Thanks! I agree. Can you elaborate on "consistency", consistency of what?
Of course OTOH; the _real_ question is how do we form decentralised communities of which github.com/prologic/twtxt is designed for? My main goals are to make it as simple as possible for _anyone_ (even non-tech folks) to spin up their own instance.
Another user just signed up on https://twtxt.net/ and posted their first post! -- But as this thread's question states; I would really feel like I'v accomplished something positive in the world if just one person spun up their own instance! We as a society need to start thinking about taking back control and ownership of our data and the digital footprint we leave behind. Its yours!
> We as a society need to start thinking about taking back control and ownership of our data and the digital footprint we leave behind. Its yours!

Head over to the Solid[0] project then.

[0] https://solidproject.org

Looks interesting. Similar ideas :) I have a bit of a different focus though; mine is more focused on self-host ability.
They grow organically. One person finds it valuable and tells another person who joins, and so on.

Twtxt is a neat format. I personally don’t like the lack of new lines, but that’s part of its simplicity.

Yeah I love it too! I just wish I wasn't about ~4yrs late to the party! Oh well better late then never! My goal(s) right now are to help revitalise the twtxt community and build software and tool that help make it easier for _anyone_ to use. So far that's https://feeds.twtxt.net and https://twtxt.net

Yes (_just realised I used them here_); the lack of "multiple lines" does feel a bit limiting sometimes; but its not that bad really once you get used to it. I implemented twtxt,net's software such that you couldn't actually accidentally the format of the underlying twtxt.txt files that it writes to.

OTOH I did add Makrdown rendering support to the client (web) that is twtxt.net so you at least have a nice subset of Markdown formatting including pictures!

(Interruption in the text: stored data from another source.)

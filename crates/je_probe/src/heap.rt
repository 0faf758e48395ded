//! The heap as it is given to a run, and its objects as they are shown.

ghost use Rattle.std.specs.Prelude.{◌≡◌, IfOk, map};
ghost use Rattle.std.specs.List.{AllZip};
ghost use Rattle.std.specs.FinMap.{empty};
ghost use Rattle.je_probe.specs.Given.{object_given, static_given, statics_given, heap_given};
ghost use Rattle.je_probe.specs.Shown.{IsObject};

use crate::text::text_shown;
use crate::value::{ProbeValue, value_given};
use je_base::{Memory, Run, Text};
use je_consts::Consts;
use je_heap::{FieldKey, Fields, Heap, Object, ObjectForm, new_instance};
use sqlite_items::Items;
use std::alloc::Global;

/// A static field with its value.
#[derive(Debug, Drop)]
pub struct ProbeStatic {
    /// The class that holds it.
    pub class_name: Text,
    /// Its name.
    pub field: Text,
    /// Its descriptor.
    pub descriptor: Text,
    /// Its value.
    pub value: ProbeValue,
}

/// The objects by their numbers, each as its class or the descriptor of an array, and the static
/// fields. Where it is given to a run, the fields of the objects are zeros, arrays have the length
/// 0, and of several values of one static field the last counts.
#[derive(Debug, Drop)]
pub struct ProbeHeap {
    pub objects: Vec<Text>,
    pub statics: Vec<ProbeStatic>,
}

/// The bytes of a text.
pub(crate) fn run_of(alloc: Global, text: &Text) -> Result<Run, Memory>
    ensures { IfOk result (λ run. run ≡ text.now) }
{
    let bytes = Vec::from_slice(alloc, text.bytes())?;
    Run::of_vec(alloc, bytes)
}

/// The object that is given: an array without elements, or an object whose fields are zeros.
fn object_given(alloc: Global, text: &Text) -> Result<Object, Memory>
    ensures { IfOk result (λ o. o ≡ object_given text.now) }
{
    let name = run_of(alloc, text)?;
    match name.as_slice() {
        [b'[', ..] => Ok(Object::of(ObjectForm::Array(name, Items::new(alloc)))),
        _ => Ok(new_instance(alloc, name)),
    }
}

/// The objects that are given.
fn objects_given(alloc: Global, texts: &[Text]) -> Result<Vec<Object>, Memory>
    ensures { IfOk result (λ v. v.items ≡ map object_given texts.now) }
{
    let mut objects = Vec::new(alloc);
    for text in texts {
        objects.push(object_given(alloc, text)?)?;
    }
    Ok(objects)
}

/// The static field of these texts.
pub(crate) fn key_of(
    alloc: Global,
    class_name: &Text,
    field: &Text,
    descriptor: &Text,
) -> Result<FieldKey, Memory>
    ensures { IfOk result (λ key. key ≡ (class_name.now, field.now, descriptor.now)) }
{
    let class_name = run_of(alloc, class_name)?;
    let field = run_of(alloc, field)?;
    let descriptor = run_of(alloc, descriptor)?;
    Ok(FieldKey::new(class_name, field, descriptor))
}

/// The fields with one more, that is given.
fn with_static(
    alloc: Global,
    consts: &Consts,
    given: &ProbeStatic,
    mut fields: Fields,
) -> Result<Fields, Memory>
    ensures { IfOk result (λ all. all ≡ static_given consts.now given.now fields) }
{
    let key = key_of(alloc, &given.class_name, &given.field, &given.descriptor)?;
    fields.put(key, value_given(alloc, consts, given.value)?)?;
    Ok(fields)
}

/// The static fields that are given.
fn statics_given(alloc: Global, consts: &Consts, given: &[ProbeStatic]) -> Result<Fields, Memory>
    ensures { IfOk result (λ all. all ≡ statics_given consts.now given.now empty) }
{
    let mut fields = Fields::new(alloc);
    let mut rest = given;
    while let Some((one, tail)) = rest.split_first() {
        fields = with_static(alloc, consts, one, fields)?;
        rest = tail;
    }
    Ok(fields)
}

/// The heap that is given.
pub(crate) fn heap_given(alloc: Global, consts: &Consts, given: &ProbeHeap) -> Result<Heap, Memory>
    ensures { IfOk result (λ heap. heap
        ≡ heap_given consts.now given.now.objects.items given.now.statics.items) }
{
    let objects = objects_given(alloc, given.objects.as_slice())?;
    let statics = statics_given(alloc, consts, given.statics.as_slice())?;
    Ok(Heap::new(objects, statics))
}

/// An object as it is shown: its class, or the descriptor of an array.
fn object_shown(alloc: Global, object: &Object) -> Result<Text, Memory>
    ensures { IfOk result (IsObject object.now) }
{
    match object.form() {
        ObjectForm::Instance(class, _) => text_shown(alloc, class.as_slice()),
        ObjectForm::Array(of, _) => text_shown(alloc, of.as_slice()),
    }
}

/// The objects as they are shown.
pub(crate) fn objects_shown(alloc: Global, objects: &[Object]) -> Result<Vec<Text>, Memory>
    ensures { IfOk result (λ v. AllZip IsObject objects.now v.items) }
{
    let mut shown = Vec::new(alloc);
    let mut rest = objects;
    while let Some((object, tail)) = rest.split_first() {
        shown.push(object_shown(alloc, object)?)?;
        rest = tail;
    }
    Ok(shown)
}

Pretty cool, reminds me of feedweave - https://github.com/feedweave/feedweave-ui

The founders of reddit said they used to create fake accounts and have conversations with themselves when the site was starting to make it look like there was activity.

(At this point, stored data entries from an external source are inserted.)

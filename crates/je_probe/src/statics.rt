//! The static fields that a run leaves.

ghost use Rattle.std.specs.Prelude.{IfOk, IfSome};
ghost use Rattle.std.specs.List.{AllByRecursion};
ghost use Rattle.je_probe.specs.Shown.{IsStatic};

use crate::heap::{ProbeStatic, key_of};
use crate::value::value_shown;
use je_base::{Memory, Text};
use je_consts::Consts;
use je_heap::{Heap, descriptor};
use je_value::{ActionForm, BasicForm, Field, Operation, OperationForm, Program};
use std::alloc::Global;

/// Whether a field is among those that are shown.
fn is_shown(shown: &[ProbeStatic], class_name: &Text, field: &Text, descriptor: &Text) -> bool {
    shown.iter().any(|s| {
        s.class_name == *class_name && s.field == *field && s.descriptor == *descriptor
    })
}

/// The static field of these texts, where the heap has a value of it.
fn static_shown(
    alloc: Global,
    consts: &Consts,
    heap: &Heap,
    class_name: Text,
    field: Text,
    descriptor: Text,
) -> Result<Option<ProbeStatic>, Memory>
    ensures { IfOk result (λ found. IfSome found (IsStatic consts.now heap.now)) }
{
    let key = key_of(alloc, &class_name, &field, &descriptor)?;
    match heap.statics().get(&key) {
        Some(value) => {
            let value = value_shown(alloc, consts, value)?;
            Ok(Some(ProbeStatic {
                class_name,
                field,
                descriptor,
                value,
            }))
        }
        None => Ok(None),
    }
}

/// What is shown, and the static field of these texts where it is not among it and the heap has a
/// value of it.
fn with_shown(
    alloc: Global,
    consts: &Consts,
    heap: &Heap,
    mut shown: Vec<ProbeStatic>,
    class_name: Text,
    field: Text,
    descriptor: Text,
) -> Result<Vec<ProbeStatic>, Memory>
    requires { AllByRecursion (IsStatic consts.now heap.now) shown.items }
    ensures { IfOk result (λ v. AllByRecursion (IsStatic consts.now heap.now) v.items) }
{
    if is_shown(shown.as_slice(), &class_name, &field, &descriptor) {
        return Ok(shown);
    }
    match static_shown(alloc, consts, heap, class_name, field, descriptor)? {
        Some(one) => {
            shown.push(one)?;
            Ok(shown)
        }
        None => Ok(shown),
    }
}

/// The given static fields that the heap has.
fn given_shown(
    alloc: Global,
    consts: &Consts,
    heap: &Heap,
    given: &[ProbeStatic],
) -> Result<Vec<ProbeStatic>, Memory>
    ensures { IfOk result (λ v. AllByRecursion (IsStatic consts.now heap.now) v.items) }
{
    let mut shown = Vec::new(alloc);
    for one in given {
        let class_name = one.class_name.copy()?;
        let field = one.field.copy()?;
        let descriptor = one.descriptor.copy()?;
        shown = with_shown(alloc, consts, heap, shown, class_name, field, descriptor)?;
    }
    Ok(shown)
}

/// The static field that an instruction writes.
fn written_by(operation: &Operation) -> Option<&Field> {
    let OperationForm::Do(basic) = operation.form() else {
        return None;
    };
    let BasicForm::Act(action) = basic.form() else {
        return None;
    };
    match action.form() {
        ActionForm::PutStatic(field) => Some(field),
        _ => None,
    }
}

/// What is shown, and a static field that the program writes.
fn with_written(
    alloc: Global,
    consts: &Consts,
    heap: &Heap,
    shown: Vec<ProbeStatic>,
    written: &Field,
) -> Result<Vec<ProbeStatic>, Memory>
    requires { AllByRecursion (IsStatic consts.now heap.now) shown.items }
    ensures { IfOk result (λ v. AllByRecursion (IsStatic consts.now heap.now) v.items) }
{
    let text = descriptor(alloc, written.field_type())?;
    let Some(class_name) = Text::from_bytes(alloc, written.class().as_slice())? else {
        return Ok(shown);
    };
    let Some(field) = Text::from_bytes(alloc, written.name().as_slice())? else {
        return Ok(shown);
    };
    let Some(descriptor) = Text::from_bytes(alloc, text.as_slice())? else {
        return Ok(shown);
    };
    with_shown(alloc, consts, heap, shown, class_name, field, descriptor)
}

/// The static fields that the heap has, of those that were given and those that the program writes.
pub(crate) fn statics_shown(
    alloc: Global,
    consts: &Consts,
    heap: &Heap,
    given: &[ProbeStatic],
    program: &Program,
) -> Result<Vec<ProbeStatic>, Memory>
    ensures { IfOk result (λ v. AllByRecursion (IsStatic consts.now heap.now) v.items) }
{
    let mut shown = given_shown(alloc, consts, heap, given)?;
    for operation in program.operations() {
        if let Some(field) = written_by(operation) {
            shown = with_written(alloc, consts, heap, shown, field)?;
        }
    }
    Ok(shown)
}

:O That's a pretty deceptive way to get people to use your thing eh? NOt sure I want to do that ;)
I have a NNTP, although so far nobody joined (except for a few testing messages, and some of my own stuff) and nobody mirrored it onto their own servers (although I haven't yet implement the ability to forward from my computer, and IHAVE currently isn't enabled on my service; I can fix this though if people will want it in future). There has also been the suggestion to also include a web interface to configure and operate it for users who use web interfaces, as well as having the NNTP service for users who use NNTP. There is also the idea to support Markdown, which I also think is helpful, although there are two considerations that must be made: (1) Only articles with a "Content-type: text/markdown" header should be interpreted as Markdown; otherwise, it might mess up a display due to using things that isn't supposed to do. (2) It might be helpful to use a subset of Markdown without HTML features, to make it more readable even if you do not have Markdown on your computer.